** Data under study follows **

//! Texts as values and as operands.

ghost use Rattle.std.specs.Prelude.{◌≡◌, IfOk};
ghost use Rattle.gx_value.specs.Literals.{IsLiteral};
ghost use Rattle.gx_value.specs.Values.{datum_of, IsDatum};
ghost use Rattle.gx_opr.specs.Operands.{right_of};
ghost use Rattle.gx_candidates.specs.Queries.{IsValidRight};

use gx_bytes::{Bytes, NoMemory, ValueError};
use gx_intarr::Texts;
use gx_opr::{Operand, read_operand, resolve};
use gx_value::{ColumnType, Form, Literal, Operator, Value, read_value};
use std::alloc::Global;

fn literal_of(alloc: Global, text: &str) -> Result<Literal, NoMemory>
    ensures literal { IfOk result (λ l. IsLiteral l) }
    ensures form { IfOk result (λ l. l.form ≡ Form.Text) }
{
    let mut texts = Texts::new(alloc);
    texts.push(Bytes::from_slice(alloc, text.as_bytes())?)?;
    Ok(Literal {
        form: Form::Text,
        texts,
    })
}

/// The value that a text is.
pub fn value_of(alloc: Global, kind: ColumnType, text: &str) -> Result<Value, ValueError>
    ensures { IfOk result (λ v. IsDatum (datum_of v)) }
{
    let Ok(literal) = literal_of(alloc, text) else {
        return Err(ValueError::Memory);
    };
    match read_value(alloc, kind, &literal)? {
        Some(value) => Ok(value),
        None => Err(ValueError::NoValue),
    }
}

/// The operand that a text is beside the operator, with such a column on the left.
pub fn operand_of(
    alloc: Global,
    column: ColumnType,
    op: Operator,
    text: &str,
) -> Result<Operand, ValueError>
    ensures { IfOk result (λ o. IsValidRight (right_of o.part)) }
{
    let Ok(kind) = resolve(column, op, Form::Text, None) else {
        return Err(ValueError::NoValue);
    };
    let Ok(literal) = literal_of(alloc, text) else {
        return Err(ValueError::Memory);
    };
    match read_operand(alloc, kind, &literal)? {
        Some(operand) => Ok(operand),
        None => Err(ValueError::NoValue),
    }
}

** End of Data under study **

→ **Prompt**:
Report every line of the material above in which "IfOk" appears.

→ **Response box**:
ghost use Rattle.std.specs.Prelude.{◌≡◌, IfOk};
    ensures literal { IfOk result (λ l. IsLiteral l) }
    ensures form { IfOk result (λ l. l.form ≡ Form.Text) }
    ensures { IfOk result (λ v. IsDatum (datum_of v)) }
    ensures { IfOk result (λ o. IsValidRight (right_of o.part)) }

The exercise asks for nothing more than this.